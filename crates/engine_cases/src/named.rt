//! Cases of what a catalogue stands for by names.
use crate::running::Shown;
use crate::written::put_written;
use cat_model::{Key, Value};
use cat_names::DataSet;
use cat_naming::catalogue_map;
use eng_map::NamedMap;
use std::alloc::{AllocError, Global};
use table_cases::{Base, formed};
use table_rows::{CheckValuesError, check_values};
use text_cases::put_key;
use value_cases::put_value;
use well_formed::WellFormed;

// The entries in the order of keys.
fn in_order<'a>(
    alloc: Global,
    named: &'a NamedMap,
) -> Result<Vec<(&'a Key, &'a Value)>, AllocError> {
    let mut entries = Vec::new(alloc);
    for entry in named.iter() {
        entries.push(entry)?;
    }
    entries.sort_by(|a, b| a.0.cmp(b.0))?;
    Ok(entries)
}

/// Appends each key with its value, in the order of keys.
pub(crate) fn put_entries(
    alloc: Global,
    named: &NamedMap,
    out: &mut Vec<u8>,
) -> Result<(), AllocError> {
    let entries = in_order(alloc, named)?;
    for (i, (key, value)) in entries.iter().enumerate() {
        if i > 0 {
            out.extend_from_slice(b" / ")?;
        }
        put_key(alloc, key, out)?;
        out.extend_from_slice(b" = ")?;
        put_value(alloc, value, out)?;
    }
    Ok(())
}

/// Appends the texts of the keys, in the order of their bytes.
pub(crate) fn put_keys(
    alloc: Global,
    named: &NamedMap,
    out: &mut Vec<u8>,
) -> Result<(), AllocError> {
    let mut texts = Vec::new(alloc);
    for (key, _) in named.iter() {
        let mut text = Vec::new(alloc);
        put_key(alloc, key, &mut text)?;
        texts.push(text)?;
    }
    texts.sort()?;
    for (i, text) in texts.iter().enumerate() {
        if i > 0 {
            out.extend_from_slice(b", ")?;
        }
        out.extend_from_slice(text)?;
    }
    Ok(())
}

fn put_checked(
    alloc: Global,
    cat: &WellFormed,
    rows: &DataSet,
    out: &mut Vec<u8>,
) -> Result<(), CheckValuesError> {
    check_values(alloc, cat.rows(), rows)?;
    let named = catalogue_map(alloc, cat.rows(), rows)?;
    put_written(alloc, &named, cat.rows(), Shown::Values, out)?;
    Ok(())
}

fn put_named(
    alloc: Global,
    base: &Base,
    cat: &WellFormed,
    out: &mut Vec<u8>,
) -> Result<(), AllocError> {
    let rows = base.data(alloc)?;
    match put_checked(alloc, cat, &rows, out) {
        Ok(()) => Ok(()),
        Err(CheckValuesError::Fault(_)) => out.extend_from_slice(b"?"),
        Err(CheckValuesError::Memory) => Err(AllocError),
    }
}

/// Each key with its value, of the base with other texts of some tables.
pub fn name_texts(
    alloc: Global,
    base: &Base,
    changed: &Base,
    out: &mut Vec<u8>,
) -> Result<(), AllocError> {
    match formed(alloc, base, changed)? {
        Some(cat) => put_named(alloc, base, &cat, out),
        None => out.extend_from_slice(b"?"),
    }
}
════
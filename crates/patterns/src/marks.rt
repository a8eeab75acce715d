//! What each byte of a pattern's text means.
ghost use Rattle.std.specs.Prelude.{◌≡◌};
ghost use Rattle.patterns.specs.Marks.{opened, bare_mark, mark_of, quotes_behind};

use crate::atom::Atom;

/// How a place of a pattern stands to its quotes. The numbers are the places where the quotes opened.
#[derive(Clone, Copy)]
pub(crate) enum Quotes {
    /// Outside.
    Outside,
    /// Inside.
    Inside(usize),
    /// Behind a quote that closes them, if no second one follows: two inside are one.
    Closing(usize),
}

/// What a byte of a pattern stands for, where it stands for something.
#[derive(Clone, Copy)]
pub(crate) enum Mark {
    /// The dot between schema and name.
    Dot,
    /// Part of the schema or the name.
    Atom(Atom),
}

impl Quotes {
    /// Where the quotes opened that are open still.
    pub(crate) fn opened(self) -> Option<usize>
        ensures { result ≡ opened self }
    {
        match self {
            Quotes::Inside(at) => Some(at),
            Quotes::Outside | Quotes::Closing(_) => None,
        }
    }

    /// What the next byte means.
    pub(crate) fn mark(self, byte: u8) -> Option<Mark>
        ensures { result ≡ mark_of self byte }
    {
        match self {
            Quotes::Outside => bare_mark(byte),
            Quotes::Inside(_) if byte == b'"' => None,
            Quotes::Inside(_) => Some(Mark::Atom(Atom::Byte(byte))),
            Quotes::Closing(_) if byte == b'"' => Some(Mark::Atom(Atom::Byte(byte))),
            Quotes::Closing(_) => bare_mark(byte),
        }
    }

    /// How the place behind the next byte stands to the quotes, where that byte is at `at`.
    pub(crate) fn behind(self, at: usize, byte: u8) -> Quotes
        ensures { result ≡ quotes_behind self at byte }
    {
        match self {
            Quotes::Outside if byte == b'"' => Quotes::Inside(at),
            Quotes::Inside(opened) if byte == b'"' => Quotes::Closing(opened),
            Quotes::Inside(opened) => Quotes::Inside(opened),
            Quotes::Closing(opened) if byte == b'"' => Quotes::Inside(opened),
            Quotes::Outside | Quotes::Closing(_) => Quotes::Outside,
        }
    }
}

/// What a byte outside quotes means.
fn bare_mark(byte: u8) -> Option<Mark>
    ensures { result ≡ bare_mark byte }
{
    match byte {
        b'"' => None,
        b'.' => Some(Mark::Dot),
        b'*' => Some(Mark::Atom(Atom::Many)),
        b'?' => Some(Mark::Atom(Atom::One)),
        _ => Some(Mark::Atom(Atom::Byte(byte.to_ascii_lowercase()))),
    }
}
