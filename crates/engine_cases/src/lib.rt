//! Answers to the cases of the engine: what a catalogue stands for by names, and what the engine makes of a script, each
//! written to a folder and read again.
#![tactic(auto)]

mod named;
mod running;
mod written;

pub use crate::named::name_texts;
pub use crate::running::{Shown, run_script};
════
_Task_
Locate the string "schema" in the listing above and copy every line where it occurs.

_Output of the task_
    /// The dot between schema and name.
    /// Part of the schema or the name.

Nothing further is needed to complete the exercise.